◆ REQUIRED ACTION
Below are the records; copy each line in which "present" can be found.

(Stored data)
*** Block opens ***
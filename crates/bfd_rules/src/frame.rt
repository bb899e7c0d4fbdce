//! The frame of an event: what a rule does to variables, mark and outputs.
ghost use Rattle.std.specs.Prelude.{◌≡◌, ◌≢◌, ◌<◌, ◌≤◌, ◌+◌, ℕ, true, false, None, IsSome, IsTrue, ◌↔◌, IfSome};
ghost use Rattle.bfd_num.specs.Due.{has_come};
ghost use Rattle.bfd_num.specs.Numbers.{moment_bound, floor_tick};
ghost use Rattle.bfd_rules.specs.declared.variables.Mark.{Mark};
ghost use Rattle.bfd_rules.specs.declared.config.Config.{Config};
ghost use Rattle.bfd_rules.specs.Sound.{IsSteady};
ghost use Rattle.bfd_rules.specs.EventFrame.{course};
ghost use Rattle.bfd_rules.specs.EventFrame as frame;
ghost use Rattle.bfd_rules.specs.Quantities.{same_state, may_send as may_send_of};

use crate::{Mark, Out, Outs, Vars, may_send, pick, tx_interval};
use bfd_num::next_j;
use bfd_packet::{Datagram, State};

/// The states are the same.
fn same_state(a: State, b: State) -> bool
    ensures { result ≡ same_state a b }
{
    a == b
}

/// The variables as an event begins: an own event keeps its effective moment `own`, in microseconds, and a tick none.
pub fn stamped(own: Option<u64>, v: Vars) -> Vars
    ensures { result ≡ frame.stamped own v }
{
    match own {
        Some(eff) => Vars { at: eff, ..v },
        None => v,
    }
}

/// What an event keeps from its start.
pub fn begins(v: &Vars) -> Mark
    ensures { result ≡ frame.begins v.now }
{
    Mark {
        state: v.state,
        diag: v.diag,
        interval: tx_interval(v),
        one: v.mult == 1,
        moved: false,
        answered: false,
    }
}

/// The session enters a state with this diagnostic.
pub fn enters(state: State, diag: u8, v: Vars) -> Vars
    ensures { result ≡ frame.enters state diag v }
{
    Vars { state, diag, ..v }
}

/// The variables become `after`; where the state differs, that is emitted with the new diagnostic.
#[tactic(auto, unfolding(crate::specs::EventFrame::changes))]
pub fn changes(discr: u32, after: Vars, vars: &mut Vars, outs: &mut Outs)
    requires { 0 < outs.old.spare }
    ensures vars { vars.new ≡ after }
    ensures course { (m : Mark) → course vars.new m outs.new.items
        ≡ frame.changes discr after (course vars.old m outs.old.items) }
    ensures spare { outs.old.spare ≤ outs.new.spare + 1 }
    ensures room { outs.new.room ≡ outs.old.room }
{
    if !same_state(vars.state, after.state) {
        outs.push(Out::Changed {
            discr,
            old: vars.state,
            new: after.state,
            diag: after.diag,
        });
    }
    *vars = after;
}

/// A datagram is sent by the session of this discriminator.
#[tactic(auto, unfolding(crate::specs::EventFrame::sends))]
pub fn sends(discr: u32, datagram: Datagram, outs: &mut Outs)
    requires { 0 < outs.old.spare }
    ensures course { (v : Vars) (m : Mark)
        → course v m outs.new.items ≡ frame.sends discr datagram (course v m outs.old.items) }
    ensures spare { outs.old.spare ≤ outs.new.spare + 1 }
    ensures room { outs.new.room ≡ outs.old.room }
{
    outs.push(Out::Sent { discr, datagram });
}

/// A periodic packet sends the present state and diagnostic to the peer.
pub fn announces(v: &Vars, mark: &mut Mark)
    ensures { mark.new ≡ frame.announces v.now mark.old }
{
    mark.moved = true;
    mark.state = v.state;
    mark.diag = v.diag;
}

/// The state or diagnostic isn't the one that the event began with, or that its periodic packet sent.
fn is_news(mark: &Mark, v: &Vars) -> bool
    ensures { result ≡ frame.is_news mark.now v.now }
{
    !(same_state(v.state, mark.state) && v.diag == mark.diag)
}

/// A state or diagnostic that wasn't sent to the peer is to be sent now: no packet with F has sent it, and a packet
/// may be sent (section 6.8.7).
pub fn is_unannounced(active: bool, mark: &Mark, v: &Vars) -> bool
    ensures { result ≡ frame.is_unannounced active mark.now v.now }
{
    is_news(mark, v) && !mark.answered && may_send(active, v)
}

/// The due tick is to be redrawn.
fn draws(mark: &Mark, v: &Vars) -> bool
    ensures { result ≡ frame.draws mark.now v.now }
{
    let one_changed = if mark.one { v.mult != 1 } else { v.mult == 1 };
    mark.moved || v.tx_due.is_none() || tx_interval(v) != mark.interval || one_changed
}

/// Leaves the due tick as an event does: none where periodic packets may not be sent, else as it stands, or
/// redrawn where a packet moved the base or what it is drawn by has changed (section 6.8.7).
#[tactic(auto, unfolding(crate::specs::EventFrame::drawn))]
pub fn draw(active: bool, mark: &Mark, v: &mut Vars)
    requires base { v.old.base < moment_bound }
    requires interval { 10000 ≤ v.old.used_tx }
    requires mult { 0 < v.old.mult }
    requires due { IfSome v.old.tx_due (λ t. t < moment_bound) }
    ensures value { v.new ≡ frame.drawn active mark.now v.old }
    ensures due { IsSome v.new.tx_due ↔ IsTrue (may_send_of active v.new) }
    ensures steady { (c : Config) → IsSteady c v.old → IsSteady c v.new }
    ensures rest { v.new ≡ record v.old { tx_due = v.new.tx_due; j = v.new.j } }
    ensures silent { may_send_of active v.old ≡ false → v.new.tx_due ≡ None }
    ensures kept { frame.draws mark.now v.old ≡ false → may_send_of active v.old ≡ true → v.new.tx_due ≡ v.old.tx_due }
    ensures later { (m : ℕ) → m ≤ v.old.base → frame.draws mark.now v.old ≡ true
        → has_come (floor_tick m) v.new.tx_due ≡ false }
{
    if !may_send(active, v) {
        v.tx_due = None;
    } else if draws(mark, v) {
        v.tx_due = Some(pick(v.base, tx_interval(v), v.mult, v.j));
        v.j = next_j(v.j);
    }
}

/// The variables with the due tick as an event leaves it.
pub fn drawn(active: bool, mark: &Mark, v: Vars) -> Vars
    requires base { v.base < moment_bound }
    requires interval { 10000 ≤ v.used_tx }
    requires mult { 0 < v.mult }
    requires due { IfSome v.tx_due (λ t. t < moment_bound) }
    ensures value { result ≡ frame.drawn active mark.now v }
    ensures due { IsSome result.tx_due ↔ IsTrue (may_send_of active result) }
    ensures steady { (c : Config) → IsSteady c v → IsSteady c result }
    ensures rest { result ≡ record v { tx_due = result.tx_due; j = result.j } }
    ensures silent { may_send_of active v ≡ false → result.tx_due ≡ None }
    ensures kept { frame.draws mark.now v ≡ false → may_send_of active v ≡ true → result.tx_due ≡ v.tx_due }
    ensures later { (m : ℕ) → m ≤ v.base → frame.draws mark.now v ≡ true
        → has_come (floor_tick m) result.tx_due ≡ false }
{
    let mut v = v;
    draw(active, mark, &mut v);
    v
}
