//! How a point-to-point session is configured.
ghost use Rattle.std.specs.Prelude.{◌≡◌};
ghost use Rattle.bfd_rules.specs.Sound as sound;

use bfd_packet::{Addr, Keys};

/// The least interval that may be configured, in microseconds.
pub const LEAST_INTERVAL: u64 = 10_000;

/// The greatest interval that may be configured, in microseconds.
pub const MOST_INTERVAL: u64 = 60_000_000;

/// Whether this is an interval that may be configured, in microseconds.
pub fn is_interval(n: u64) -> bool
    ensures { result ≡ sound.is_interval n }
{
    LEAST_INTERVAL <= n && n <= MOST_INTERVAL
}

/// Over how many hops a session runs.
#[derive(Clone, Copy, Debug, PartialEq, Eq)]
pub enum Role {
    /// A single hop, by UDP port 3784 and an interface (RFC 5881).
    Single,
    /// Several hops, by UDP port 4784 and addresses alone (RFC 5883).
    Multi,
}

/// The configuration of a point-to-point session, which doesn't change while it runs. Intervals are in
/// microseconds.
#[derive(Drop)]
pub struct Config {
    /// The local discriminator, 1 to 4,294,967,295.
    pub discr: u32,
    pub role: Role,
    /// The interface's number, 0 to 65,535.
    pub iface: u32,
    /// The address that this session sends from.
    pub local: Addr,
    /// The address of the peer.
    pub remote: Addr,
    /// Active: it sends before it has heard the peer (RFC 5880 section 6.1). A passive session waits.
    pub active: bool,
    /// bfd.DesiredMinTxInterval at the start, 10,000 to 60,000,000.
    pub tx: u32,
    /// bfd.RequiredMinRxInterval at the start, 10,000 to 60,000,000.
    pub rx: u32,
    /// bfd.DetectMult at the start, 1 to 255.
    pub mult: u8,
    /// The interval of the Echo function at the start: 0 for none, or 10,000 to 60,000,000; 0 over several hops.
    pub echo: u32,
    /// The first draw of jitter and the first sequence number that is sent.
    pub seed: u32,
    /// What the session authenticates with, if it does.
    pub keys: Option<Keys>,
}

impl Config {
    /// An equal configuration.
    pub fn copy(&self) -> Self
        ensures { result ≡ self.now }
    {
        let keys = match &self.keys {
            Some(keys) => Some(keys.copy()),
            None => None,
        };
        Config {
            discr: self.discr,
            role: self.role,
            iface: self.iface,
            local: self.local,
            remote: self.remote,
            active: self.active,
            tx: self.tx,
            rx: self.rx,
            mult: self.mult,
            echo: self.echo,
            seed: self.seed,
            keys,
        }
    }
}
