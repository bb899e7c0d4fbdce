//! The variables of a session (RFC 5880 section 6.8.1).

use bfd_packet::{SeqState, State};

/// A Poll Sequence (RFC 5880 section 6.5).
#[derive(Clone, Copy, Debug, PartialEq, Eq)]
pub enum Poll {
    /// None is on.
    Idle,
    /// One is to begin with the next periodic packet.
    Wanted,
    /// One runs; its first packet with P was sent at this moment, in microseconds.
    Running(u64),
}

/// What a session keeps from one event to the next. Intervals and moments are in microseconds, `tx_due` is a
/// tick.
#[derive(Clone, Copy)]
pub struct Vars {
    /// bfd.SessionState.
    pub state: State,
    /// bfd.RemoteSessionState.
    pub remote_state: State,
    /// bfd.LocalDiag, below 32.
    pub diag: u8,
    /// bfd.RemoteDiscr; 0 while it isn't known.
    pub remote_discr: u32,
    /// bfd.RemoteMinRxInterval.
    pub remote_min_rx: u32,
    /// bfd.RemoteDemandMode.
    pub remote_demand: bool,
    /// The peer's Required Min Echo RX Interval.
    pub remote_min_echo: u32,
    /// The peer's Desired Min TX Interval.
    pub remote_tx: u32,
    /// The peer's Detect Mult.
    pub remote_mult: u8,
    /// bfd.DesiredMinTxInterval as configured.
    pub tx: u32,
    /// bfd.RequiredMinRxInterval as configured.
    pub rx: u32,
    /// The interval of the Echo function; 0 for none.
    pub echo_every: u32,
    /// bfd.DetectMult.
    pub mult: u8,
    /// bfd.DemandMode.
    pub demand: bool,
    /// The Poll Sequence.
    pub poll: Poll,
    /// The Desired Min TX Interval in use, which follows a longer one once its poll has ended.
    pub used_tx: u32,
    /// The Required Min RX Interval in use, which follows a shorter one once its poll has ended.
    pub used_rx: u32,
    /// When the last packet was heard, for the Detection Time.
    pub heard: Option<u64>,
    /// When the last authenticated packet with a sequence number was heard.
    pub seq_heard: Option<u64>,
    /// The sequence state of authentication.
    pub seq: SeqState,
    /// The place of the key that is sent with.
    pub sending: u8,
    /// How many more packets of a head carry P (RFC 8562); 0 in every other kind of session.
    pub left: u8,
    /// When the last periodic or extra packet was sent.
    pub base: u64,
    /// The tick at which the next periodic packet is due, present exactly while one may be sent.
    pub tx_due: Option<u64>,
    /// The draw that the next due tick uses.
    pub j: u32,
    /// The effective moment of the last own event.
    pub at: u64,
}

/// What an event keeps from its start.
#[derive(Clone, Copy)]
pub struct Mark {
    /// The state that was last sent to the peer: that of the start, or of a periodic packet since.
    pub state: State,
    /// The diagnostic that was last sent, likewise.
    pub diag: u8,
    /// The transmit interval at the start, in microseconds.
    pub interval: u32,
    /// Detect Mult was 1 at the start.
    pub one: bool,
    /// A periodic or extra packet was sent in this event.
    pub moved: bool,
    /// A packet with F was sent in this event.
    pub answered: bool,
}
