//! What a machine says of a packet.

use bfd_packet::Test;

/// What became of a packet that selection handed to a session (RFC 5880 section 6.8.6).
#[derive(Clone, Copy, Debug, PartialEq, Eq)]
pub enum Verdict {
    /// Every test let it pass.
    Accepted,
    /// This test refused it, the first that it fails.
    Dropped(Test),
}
*** Block closes ***
◆ OUTPUT OF THE TASK
/// A periodic packet sends the present state and diagnostic to the peer.
    /// The tick at which the next periodic packet is due, present exactly while one may be sent.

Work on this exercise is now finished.